■ **EXERCISE DETAILS**: Copy out all lines in the data below containing the string "filename".

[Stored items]
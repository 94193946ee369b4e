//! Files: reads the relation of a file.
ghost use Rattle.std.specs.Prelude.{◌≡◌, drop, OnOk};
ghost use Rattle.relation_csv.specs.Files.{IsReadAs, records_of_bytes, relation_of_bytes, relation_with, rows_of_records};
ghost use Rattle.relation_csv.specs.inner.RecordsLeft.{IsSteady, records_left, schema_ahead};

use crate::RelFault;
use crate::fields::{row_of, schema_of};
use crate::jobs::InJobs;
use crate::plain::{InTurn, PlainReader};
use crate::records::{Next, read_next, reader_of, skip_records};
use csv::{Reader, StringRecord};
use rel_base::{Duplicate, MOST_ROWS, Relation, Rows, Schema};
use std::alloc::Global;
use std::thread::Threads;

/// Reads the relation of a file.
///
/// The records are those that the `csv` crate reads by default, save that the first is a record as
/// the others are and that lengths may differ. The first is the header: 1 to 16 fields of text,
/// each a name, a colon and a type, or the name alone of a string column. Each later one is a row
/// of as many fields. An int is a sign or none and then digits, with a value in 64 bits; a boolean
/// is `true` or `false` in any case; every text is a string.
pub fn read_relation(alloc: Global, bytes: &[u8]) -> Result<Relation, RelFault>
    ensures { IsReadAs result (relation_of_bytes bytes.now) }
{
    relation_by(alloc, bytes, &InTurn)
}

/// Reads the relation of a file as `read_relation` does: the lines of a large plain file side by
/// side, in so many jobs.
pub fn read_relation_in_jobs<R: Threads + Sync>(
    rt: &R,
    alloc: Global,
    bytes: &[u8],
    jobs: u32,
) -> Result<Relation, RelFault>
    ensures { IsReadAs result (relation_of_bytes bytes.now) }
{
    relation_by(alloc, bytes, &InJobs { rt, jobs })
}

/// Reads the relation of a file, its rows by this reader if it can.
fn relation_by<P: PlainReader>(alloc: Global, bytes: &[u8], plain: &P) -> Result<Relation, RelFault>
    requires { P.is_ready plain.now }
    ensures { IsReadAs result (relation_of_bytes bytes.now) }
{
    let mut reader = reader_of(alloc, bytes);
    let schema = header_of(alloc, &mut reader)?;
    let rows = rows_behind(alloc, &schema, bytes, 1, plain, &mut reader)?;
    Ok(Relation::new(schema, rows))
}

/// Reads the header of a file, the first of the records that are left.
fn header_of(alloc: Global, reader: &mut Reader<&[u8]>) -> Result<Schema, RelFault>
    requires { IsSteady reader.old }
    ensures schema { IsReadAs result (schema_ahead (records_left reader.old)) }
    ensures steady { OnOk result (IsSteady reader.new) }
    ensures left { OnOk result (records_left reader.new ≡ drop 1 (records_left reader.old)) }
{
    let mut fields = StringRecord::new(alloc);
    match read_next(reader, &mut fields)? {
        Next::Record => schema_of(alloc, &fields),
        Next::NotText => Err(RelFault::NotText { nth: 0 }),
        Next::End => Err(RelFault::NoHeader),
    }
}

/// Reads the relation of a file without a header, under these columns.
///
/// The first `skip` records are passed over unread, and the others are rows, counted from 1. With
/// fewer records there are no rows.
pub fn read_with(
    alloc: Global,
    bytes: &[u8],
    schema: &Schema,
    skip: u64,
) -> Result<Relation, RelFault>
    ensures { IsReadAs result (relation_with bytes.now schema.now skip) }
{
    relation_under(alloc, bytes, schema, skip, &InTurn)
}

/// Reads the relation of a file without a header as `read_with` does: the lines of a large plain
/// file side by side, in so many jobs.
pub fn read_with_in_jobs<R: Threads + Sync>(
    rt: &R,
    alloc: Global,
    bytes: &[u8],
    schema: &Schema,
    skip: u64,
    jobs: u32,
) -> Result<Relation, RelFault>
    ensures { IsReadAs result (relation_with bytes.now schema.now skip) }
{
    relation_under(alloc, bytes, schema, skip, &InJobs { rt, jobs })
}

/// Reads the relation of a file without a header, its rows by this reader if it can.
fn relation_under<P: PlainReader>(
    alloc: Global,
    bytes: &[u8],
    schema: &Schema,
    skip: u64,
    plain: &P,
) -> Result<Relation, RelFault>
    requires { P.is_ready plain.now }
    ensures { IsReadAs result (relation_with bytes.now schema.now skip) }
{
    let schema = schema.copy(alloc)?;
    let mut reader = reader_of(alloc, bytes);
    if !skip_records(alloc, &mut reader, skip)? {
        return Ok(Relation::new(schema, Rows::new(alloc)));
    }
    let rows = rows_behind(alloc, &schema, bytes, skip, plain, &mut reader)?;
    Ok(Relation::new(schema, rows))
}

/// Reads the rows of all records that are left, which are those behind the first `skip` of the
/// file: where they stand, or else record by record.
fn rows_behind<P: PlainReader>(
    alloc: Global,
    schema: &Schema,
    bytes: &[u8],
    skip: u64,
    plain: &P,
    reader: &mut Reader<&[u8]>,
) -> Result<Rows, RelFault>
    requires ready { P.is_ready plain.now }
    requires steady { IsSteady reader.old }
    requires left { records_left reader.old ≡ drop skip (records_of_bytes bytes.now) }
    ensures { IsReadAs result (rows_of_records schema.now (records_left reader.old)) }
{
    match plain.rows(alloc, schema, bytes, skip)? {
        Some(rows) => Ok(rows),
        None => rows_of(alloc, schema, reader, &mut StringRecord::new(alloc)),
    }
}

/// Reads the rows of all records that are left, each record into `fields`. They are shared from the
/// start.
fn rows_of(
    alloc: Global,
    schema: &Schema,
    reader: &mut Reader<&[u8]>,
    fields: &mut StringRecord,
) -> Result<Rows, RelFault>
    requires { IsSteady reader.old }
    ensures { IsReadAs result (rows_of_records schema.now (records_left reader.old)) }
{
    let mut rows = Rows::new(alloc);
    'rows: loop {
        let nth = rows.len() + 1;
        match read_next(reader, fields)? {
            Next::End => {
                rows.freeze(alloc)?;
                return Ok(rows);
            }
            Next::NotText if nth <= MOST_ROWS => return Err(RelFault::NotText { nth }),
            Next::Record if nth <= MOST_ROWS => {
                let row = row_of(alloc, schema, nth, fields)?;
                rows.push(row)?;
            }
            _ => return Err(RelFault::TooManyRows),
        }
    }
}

* * *

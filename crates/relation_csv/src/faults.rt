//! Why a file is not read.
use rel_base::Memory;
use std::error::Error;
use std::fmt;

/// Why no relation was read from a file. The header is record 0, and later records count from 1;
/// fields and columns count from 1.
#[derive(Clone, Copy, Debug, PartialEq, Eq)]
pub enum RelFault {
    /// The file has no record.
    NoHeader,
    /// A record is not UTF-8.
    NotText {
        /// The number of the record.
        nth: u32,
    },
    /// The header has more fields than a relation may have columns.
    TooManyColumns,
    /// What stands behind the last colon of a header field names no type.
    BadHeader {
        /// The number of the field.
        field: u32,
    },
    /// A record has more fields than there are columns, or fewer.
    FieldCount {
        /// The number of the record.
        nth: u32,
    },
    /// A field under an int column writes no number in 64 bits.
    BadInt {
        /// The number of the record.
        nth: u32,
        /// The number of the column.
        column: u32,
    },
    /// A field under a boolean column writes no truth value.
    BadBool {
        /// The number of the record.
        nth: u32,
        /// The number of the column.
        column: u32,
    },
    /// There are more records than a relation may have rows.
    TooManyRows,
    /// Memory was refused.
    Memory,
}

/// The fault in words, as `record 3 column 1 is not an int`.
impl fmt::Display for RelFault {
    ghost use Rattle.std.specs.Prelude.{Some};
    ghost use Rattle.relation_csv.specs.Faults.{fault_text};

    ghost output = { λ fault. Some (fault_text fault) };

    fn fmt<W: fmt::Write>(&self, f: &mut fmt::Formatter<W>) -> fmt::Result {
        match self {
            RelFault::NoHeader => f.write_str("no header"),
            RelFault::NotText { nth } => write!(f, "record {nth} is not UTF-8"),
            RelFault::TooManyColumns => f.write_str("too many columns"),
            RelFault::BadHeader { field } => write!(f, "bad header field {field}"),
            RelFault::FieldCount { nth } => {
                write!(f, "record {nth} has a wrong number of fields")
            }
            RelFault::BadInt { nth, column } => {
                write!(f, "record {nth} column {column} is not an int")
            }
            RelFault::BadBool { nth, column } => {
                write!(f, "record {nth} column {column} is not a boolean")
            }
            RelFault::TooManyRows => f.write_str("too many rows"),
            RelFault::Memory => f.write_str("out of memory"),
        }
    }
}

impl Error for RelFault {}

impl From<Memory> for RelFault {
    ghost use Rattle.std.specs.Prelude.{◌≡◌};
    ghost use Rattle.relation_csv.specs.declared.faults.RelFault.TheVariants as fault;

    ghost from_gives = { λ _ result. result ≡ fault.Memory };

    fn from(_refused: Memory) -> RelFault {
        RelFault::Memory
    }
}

* * *

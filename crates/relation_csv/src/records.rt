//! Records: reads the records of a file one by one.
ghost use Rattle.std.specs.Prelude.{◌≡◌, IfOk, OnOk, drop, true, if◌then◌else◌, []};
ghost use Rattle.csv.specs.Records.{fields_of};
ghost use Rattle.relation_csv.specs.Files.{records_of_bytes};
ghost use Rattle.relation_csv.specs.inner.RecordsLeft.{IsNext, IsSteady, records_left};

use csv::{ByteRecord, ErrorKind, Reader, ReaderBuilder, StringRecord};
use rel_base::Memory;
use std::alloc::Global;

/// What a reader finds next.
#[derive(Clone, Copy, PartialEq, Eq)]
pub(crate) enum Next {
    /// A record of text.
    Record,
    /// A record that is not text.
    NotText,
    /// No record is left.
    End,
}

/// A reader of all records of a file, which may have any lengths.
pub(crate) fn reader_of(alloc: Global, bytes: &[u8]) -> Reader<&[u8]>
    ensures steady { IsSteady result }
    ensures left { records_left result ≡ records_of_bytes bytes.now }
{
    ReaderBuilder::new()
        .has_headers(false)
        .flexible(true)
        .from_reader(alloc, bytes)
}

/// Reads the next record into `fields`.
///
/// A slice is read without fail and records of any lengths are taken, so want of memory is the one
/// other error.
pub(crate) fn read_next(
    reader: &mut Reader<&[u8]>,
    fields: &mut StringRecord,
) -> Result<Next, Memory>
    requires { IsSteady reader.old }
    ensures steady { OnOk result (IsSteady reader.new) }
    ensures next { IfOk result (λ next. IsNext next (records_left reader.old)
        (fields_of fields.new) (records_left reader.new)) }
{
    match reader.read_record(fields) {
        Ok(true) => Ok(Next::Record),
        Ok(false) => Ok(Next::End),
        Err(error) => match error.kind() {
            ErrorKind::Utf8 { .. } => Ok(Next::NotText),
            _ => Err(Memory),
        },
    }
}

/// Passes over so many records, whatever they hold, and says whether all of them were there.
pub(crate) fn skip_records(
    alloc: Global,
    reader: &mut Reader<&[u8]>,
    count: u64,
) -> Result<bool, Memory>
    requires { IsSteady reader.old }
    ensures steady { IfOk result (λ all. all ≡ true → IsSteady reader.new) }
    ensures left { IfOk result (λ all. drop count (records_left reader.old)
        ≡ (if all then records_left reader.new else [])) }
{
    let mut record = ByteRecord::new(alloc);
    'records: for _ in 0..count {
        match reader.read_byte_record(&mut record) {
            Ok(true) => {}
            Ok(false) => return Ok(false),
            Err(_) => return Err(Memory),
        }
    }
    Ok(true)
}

■ **EXERCISE RESPONSE**:
filename crates/relation_csv/src/faults.rt
filename crates/relation_csv/src/records.rt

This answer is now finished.